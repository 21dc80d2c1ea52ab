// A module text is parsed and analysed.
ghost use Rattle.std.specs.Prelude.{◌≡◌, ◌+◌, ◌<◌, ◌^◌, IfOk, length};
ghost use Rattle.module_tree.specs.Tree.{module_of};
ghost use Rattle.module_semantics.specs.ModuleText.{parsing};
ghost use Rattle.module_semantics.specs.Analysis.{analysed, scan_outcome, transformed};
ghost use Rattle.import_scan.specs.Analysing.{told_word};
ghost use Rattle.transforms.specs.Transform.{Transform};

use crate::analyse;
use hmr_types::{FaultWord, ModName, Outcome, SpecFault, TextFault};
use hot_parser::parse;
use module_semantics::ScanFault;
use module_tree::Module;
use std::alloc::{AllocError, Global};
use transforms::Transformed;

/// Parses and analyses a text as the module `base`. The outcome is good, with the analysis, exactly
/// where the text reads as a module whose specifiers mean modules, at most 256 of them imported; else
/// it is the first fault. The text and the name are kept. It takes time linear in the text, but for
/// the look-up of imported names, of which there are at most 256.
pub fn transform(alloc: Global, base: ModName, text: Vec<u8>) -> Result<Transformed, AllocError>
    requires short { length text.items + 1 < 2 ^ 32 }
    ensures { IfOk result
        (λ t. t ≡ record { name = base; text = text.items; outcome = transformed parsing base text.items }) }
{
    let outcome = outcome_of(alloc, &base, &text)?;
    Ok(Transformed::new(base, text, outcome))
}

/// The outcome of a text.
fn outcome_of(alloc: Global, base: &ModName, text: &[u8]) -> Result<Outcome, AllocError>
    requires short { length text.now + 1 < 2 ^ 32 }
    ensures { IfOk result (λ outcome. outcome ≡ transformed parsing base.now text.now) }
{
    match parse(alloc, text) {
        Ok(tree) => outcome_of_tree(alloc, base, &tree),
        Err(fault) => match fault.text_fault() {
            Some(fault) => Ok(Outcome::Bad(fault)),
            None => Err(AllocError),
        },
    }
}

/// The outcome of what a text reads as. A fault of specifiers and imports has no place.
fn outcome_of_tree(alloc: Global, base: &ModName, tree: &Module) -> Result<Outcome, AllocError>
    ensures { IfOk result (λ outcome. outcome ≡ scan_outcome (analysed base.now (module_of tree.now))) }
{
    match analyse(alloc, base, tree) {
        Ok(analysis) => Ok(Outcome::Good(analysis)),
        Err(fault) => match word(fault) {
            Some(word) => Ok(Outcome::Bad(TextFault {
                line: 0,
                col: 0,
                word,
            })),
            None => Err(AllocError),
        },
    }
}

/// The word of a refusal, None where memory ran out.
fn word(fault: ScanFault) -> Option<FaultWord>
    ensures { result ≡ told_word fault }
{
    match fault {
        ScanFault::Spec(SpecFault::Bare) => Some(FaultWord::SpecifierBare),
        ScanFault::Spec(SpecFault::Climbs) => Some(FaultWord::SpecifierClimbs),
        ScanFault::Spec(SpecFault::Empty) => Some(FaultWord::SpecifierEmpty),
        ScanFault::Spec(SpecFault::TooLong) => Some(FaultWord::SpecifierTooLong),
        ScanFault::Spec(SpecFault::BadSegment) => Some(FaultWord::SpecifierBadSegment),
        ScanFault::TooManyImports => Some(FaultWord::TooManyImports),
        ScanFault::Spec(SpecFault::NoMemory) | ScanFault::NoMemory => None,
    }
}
▬▬▬
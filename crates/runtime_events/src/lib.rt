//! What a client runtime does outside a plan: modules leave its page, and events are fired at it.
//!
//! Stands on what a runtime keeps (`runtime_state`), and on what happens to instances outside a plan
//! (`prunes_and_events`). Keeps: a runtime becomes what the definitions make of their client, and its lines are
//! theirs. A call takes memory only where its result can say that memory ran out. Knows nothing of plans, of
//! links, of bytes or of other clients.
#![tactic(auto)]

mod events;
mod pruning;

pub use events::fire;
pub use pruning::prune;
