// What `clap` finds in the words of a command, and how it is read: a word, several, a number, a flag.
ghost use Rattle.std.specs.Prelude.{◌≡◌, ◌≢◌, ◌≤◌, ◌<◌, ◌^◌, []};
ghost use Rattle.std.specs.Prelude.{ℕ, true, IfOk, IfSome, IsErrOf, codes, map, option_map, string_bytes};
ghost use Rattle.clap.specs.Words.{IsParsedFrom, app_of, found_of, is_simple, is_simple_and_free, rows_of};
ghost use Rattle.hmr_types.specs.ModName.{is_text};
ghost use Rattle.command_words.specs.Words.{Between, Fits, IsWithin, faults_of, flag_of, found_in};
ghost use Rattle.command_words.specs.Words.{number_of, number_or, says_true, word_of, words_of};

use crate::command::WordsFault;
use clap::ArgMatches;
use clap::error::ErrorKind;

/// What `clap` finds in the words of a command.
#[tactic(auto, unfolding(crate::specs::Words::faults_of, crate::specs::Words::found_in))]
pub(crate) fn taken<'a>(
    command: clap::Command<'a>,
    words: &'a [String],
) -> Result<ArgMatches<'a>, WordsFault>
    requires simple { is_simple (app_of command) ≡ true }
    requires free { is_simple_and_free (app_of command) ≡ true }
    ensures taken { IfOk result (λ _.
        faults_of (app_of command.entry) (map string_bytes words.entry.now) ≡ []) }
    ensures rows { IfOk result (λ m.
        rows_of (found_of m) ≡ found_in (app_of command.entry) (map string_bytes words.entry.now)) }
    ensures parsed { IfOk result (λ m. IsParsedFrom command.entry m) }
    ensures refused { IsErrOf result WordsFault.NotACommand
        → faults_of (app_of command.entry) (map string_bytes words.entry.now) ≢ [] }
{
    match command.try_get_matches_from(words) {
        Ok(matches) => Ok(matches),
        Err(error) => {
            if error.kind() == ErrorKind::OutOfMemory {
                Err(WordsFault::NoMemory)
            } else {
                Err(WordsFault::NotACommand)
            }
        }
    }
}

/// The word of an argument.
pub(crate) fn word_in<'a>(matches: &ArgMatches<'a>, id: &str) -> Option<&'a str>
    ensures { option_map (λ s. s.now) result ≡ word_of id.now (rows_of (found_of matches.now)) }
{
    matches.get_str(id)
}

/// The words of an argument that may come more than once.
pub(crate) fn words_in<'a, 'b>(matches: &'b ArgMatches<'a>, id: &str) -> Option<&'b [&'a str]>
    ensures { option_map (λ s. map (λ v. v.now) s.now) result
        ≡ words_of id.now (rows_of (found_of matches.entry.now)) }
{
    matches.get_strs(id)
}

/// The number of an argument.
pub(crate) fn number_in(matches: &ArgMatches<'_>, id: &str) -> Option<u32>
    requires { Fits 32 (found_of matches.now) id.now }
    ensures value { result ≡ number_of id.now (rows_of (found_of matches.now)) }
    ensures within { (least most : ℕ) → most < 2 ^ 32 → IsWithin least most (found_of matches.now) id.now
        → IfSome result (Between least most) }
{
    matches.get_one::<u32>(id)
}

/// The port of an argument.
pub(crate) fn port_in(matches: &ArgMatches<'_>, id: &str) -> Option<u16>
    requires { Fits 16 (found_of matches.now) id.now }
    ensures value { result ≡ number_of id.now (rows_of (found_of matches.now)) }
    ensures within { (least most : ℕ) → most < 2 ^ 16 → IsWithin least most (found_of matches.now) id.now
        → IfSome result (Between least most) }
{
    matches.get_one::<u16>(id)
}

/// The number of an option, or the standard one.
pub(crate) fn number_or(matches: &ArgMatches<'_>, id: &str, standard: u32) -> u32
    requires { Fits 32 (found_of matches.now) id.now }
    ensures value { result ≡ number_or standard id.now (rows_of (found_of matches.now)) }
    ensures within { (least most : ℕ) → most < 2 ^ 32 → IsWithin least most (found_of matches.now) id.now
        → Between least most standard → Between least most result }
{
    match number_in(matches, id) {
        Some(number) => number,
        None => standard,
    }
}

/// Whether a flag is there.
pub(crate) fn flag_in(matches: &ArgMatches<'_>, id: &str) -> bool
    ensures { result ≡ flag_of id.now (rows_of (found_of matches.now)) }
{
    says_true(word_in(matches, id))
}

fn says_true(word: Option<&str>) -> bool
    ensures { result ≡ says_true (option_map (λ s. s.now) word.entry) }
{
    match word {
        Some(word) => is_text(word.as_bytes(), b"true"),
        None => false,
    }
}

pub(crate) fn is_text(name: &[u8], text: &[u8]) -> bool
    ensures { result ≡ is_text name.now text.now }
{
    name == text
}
▬▬▬
- **YOUR GOAL**: In the entries above, the lines between the one holding "repository 21dc80d2c1ea52ab" and the one holding "length text.now +", inclusive, are to be printed exactly as written, and those alone.

- **PROBLEM SOLUTION**:
repository 21dc80d2c1ea52ab
// A module text is parsed and analysed.
ghost use Rattle.std.specs.Prelude.{◌≡◌, ◌+◌, ◌<◌, ◌^◌, IfOk, length};
ghost use Rattle.module_tree.specs.Tree.{module_of};
ghost use Rattle.module_semantics.specs.ModuleText.{parsing};
ghost use Rattle.module_semantics.specs.Analysis.{analysed, scan_outcome, transformed};
ghost use Rattle.import_scan.specs.Analysing.{told_word};
ghost use Rattle.transforms.specs.Transform.{Transform};

use crate::analyse;
use hmr_types::{FaultWord, ModName, Outcome, SpecFault, TextFault};
use hot_parser::parse;
use module_semantics::ScanFault;
use module_tree::Module;
use std::alloc::{AllocError, Global};
use transforms::Transformed;

/// Parses and analyses a text as the module `base`. The outcome is good, with the analysis, exactly
/// where the text reads as a module whose specifiers mean modules, at most 256 of them imported; else
/// it is the first fault. The text and the name are kept. It takes time linear in the text, but for
/// the look-up of imported names, of which there are at most 256.
pub fn transform(alloc: Global, base: ModName, text: Vec<u8>) -> Result<Transformed, AllocError>
    requires short { length text.items + 1 < 2 ^ 32 }
    ensures { IfOk result
        (λ t. t ≡ record { name = base; text = text.items; outcome = transformed parsing base text.items }) }
{
    let outcome = outcome_of(alloc, &base, &text)?;
    Ok(Transformed::new(base, text, outcome))
}

/// The outcome of a text.
fn outcome_of(alloc: Global, base: &ModName, text: &[u8]) -> Result<Outcome, AllocError>
    requires short { length text.now + 1 < 2 ^ 32 }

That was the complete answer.